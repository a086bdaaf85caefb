//! Reading answers.
ghost use Rattle.std.specs.Prelude.{◌≡◌, ◌≤◌, IfOk, IfErr, length};
ghost use Rattle.lk_model.specs.Limits.{max_vars, max_clauses};
ghost use Rattle.line_text.specs.DraftReading.{IsCompletedBy};
ghost use Rattle.line_text.specs.LineReading.{CanComplete};
ghost use Rattle.lk_model.specs.Documents.Answers.{IsAnswerText};
ghost use Rattle.answer_text.specs.ReadAnswers.{IsStopAt, ReadsAnswers};
ghost use Rattle.answer_text.specs.Drafts.{draft_lines, answer_drafts, IsRead};

use crate::draft::{Draft, finish, take_line};
use line_text::{LineReader, read_lines};
use lk_model::{Answer, OutOfMemory, ReadStop};
use std::alloc::Global;

/// Reads an answer for these numbers of variables and clauses, line by line. It keeps what was read.
#[derive(Drop)]
pub struct AnswerReader {
    draft: Draft,
    vars: u32,
    clauses: u32,
}

impl LineReader for AnswerReader {
    type Value = Answer;

    ghost fits = { λ r. IsRead r.vars r.clauses r.draft };

    ghost count = { λ r. length (draft_lines r.draft) };

    ghost completes = { λ r. IsCompletedBy (answer_drafts r.vars r.clauses) r.draft };

    fn take(&mut self, alloc: Global, line: &[u8]) -> Result<bool, OutOfMemory> {
        take_line(alloc, &mut self.draft, line, self.vars, self.clauses)
    }

    fn finish(self) -> Result<Option<Answer>, OutOfMemory> {
        Ok(finish(self.draft))
    }
}

/// The answer for n variables and m clauses that has this text. Other bytes are refused with the first line in
/// which no answer's text can go on, counted from 1. A last line without its byte 10 is such a line; if the
/// text ends too early, so is the line after its last one. The other error says that memory ran out.
pub fn read_answer(alloc: Global, bytes: &[u8], n: u32, m: u32) -> Result<Answer, ReadStop>
    requires vars { n ≤ max_vars }
    requires clauses { m ≤ max_clauses }
    ensures answer { IfOk result (IsAnswerText n m bytes.now) }
    ensures stop { IfErr result (IsStopAt n m bytes.now) }
{
    read_lines(alloc, answer_reader(n, m), bytes)
}

/// A reader that has read no line. The texts that it reads are those of answers for n variables and m
/// clauses, and it stops where they do.
pub fn answer_reader(n: u32, m: u32) -> AnswerReader
    requires vars { n ≤ max_vars }
    requires clauses { m ≤ max_clauses }
    ensures fits { ⟦<AnswerReader as LineReader>⟧.fits result }
    ensures first { ⟦<AnswerReader as LineReader>⟧.count result ≡ 0 }
    ensures completed { CanComplete (⟦<AnswerReader as LineReader>⟧.completes result) }
    ensures answers { ReadsAnswers n m (⟦<AnswerReader as LineReader>⟧.completes result) }
{
    AnswerReader {
        draft: Draft::Nothing,
        vars: n,
        clauses: m,
    }
}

# # # #

• To do
Please make an exact copy of each record.

• Output for this task
repository a086bdaaf85caefb
//! Reading answers.
ghost use Rattle.std.specs.Prelude.{◌≡◌, ◌≤◌, IfOk, IfErr, length};
ghost use Rattle.lk_model.specs.Limits.{max_vars, max_clauses};
ghost use Rattle.line_text.specs.DraftReading.{IsCompletedBy};
ghost use Rattle.line_text.specs.LineReading.{CanComplete};
ghost use Rattle.lk_model.specs.Documents.Answers.{IsAnswerText};
ghost use Rattle.answer_text.specs.ReadAnswers.{IsStopAt, ReadsAnswers};
ghost use Rattle.answer_text.specs.Drafts.{draft_lines, answer_drafts, IsRead};

use crate::draft::{Draft, finish, take_line};
use line_text::{LineReader, read_lines};
use lk_model::{Answer, OutOfMemory, ReadStop};
use std::alloc::Global;

/// Reads an answer for these numbers of variables and clauses, line by line. It keeps what was read.
#[derive(Drop)]
pub struct AnswerReader {
    draft: Draft,
    vars: u32,
    clauses: u32,
}

impl LineReader for AnswerReader {
    type Value = Answer;

    ghost fits = { λ r. IsRead r.vars r.clauses r.draft };

    ghost count = { λ r. length (draft_lines r.draft) };

    ghost completes = { λ r. IsCompletedBy (answer_drafts r.vars r.clauses) r.draft };

    fn take(&mut self, alloc: Global, line: &[u8]) -> Result<bool, OutOfMemory> {
        take_line(alloc, &mut self.draft, line, self.vars, self.clauses)
    }

    fn finish(self) -> Result<Option<Answer>, OutOfMemory> {
        Ok(finish(self.draft))
    }
}

/// The answer for n variables and m clauses that has this text. Other bytes are refused with the first line in
/// which no answer's text can go on, counted from 1. A last line without its byte 10 is such a line; if the
/// text ends too early, so is the line after its last one. The other error says that memory ran out.
pub fn read_answer(alloc: Global, bytes: &[u8], n: u32, m: u32) -> Result<Answer, ReadStop>
    requires vars { n ≤ max_vars }
    requires clauses { m ≤ max_clauses }
    ensures answer { IfOk result (IsAnswerText n m bytes.now) }
    ensures stop { IfErr result (IsStopAt n m bytes.now) }
{
    read_lines(alloc, answer_reader(n, m), bytes)
}

/// A reader that has read no line. The texts that it reads are those of answers for n variables and m
/// clauses, and it stops where they do.
pub fn answer_reader(n: u32, m: u32) -> AnswerReader
    requires vars { n ≤ max_vars }
    requires clauses { m ≤ max_clauses }
    ensures fits { ⟦<AnswerReader as LineReader>⟧.fits result }
    ensures first { ⟦<AnswerReader as LineReader>⟧.count result ≡ 0 }
    ensures completed { CanComplete (⟦<AnswerReader as LineReader>⟧.completes result) }
    ensures answers { ReadsAnswers n m (⟦<AnswerReader as LineReader>⟧.completes result) }
{
    AnswerReader {
        draft: Draft::Nothing,
        vars: n,
        clauses: m,
    }
}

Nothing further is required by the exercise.